Take every line containing "alloc" out of the records.

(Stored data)

= = = = = = =

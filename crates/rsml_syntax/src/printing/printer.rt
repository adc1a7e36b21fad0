ghost use Rattle.std.specs.Prelude.{◌≤◌, vec_len};

use super::spacing::{Kind, depth_after, write_space};
use crate::token::{Mark, Word};
use itoa::Buffer;
use rsml_base::{NoMemory, Text};
use std::alloc::Global;

/// The text of the tokens that are written so far, with the space that their layout has between them.
#[derive(Drop)]
pub(crate) struct Printer {
    text: Vec<u8>,
    /// How many braces are open.
    depth: usize,
    last: Option<Kind>,
    ghost deep: { depth ≤ vec_len text },
}

impl Printer {
    ghost use Rattle.std.specs.Prelude.{◌≡◌, ◌+◌, ◌∷◌, ◌++◌, [], Some, None, length, OnOk, IfOk};
    ghost use Rattle.rsml_syntax.specs.grammar.Grammar as grammar;
    ghost use Rattle.rsml_syntax.specs.helpers.TokenKinds.{space_before, token_like};
    ghost use Rattle.rsml_syntax.specs.helpers.Printing.{Writes, with_tokens};

    pub(crate) fn new(alloc: Global) -> Printer
        ensures text { result.text.items ≡ [] }
        ensures depth { result.depth ≡ 0 }
        ensures last { result.last ≡ None }
    {
        Printer {
            text: Vec::new(alloc),
            depth: 0,
            last: None,
        }
    }

    /// Writes a token of this kind, which is spelled so, but for the braces that it opens or closes.
    fn write(&mut self, kind: Kind, spelling: &[u8]) -> Result<(), NoMemory>
        ensures text { OnOk result (self.new.text.items ≡ self.old.text.items ++ (space_before self.old.depth self.old.last (token_like kind) ++ spelling.now)) }
        ensures depth { self.new.depth ≡ self.old.depth }
        ensures last { OnOk result (self.new.last ≡ Some kind) }
        ensures grown { OnOk result (vec_len self.old.text + length spelling.now ≤ vec_len self.new.text) }
    {
        write_space(&mut self.text, self.depth, self.last, kind)?;
        self.text.extend_from_slice(spelling)?;
        self.last = Some(kind);
        Ok(())
    }

    pub(crate) fn word(&mut self, word: Word) -> Result<(), NoMemory>
        ensures { OnOk result (Writes self.old self.new (grammar.word word)) }
    {
        self.write(Kind::Word(word), word.spelling())
    }

    pub(crate) fn mark(&mut self, mark: Mark) -> Result<(), NoMemory>
        ensures { OnOk result (Writes self.old self.new (grammar.mark mark)) }
    {
        self.write(Kind::Mark(mark), mark.spelling())?;
        self.depth = depth_after(self.depth, mark);
        Ok(())
    }

    pub(crate) fn name(&mut self, name: &Text) -> Result<(), NoMemory>
        ensures { OnOk result (Writes self.old self.new (grammar.name name.now)) }
    {
        self.write(Kind::Name, name.bytes())
    }

    pub(crate) fn number(&mut self, number: u32) -> Result<(), NoMemory>
        ensures { OnOk result (Writes self.old self.new (grammar.number number)) }
    {
        let mut buffer = Buffer::new();
        self.write(Kind::Number, buffer.format(number).as_bytes())
    }

    /// The text, with a line feed after the last token.
    pub(crate) fn finish(self) -> Result<Vec<u8>, NoMemory>
        ensures { IfOk result (λ text. text.items ≡ with_tokens self [] ++ 10 ∷ []) }
    {
        let Printer { mut text, .. } = self;
        text.push(b'\n')?;
        Ok(text)
    }
}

= = = = = = =

- _Reply_:
use std::alloc::Global;
    pub(crate) fn new(alloc: Global) -> Printer
            text: Vec::new(alloc),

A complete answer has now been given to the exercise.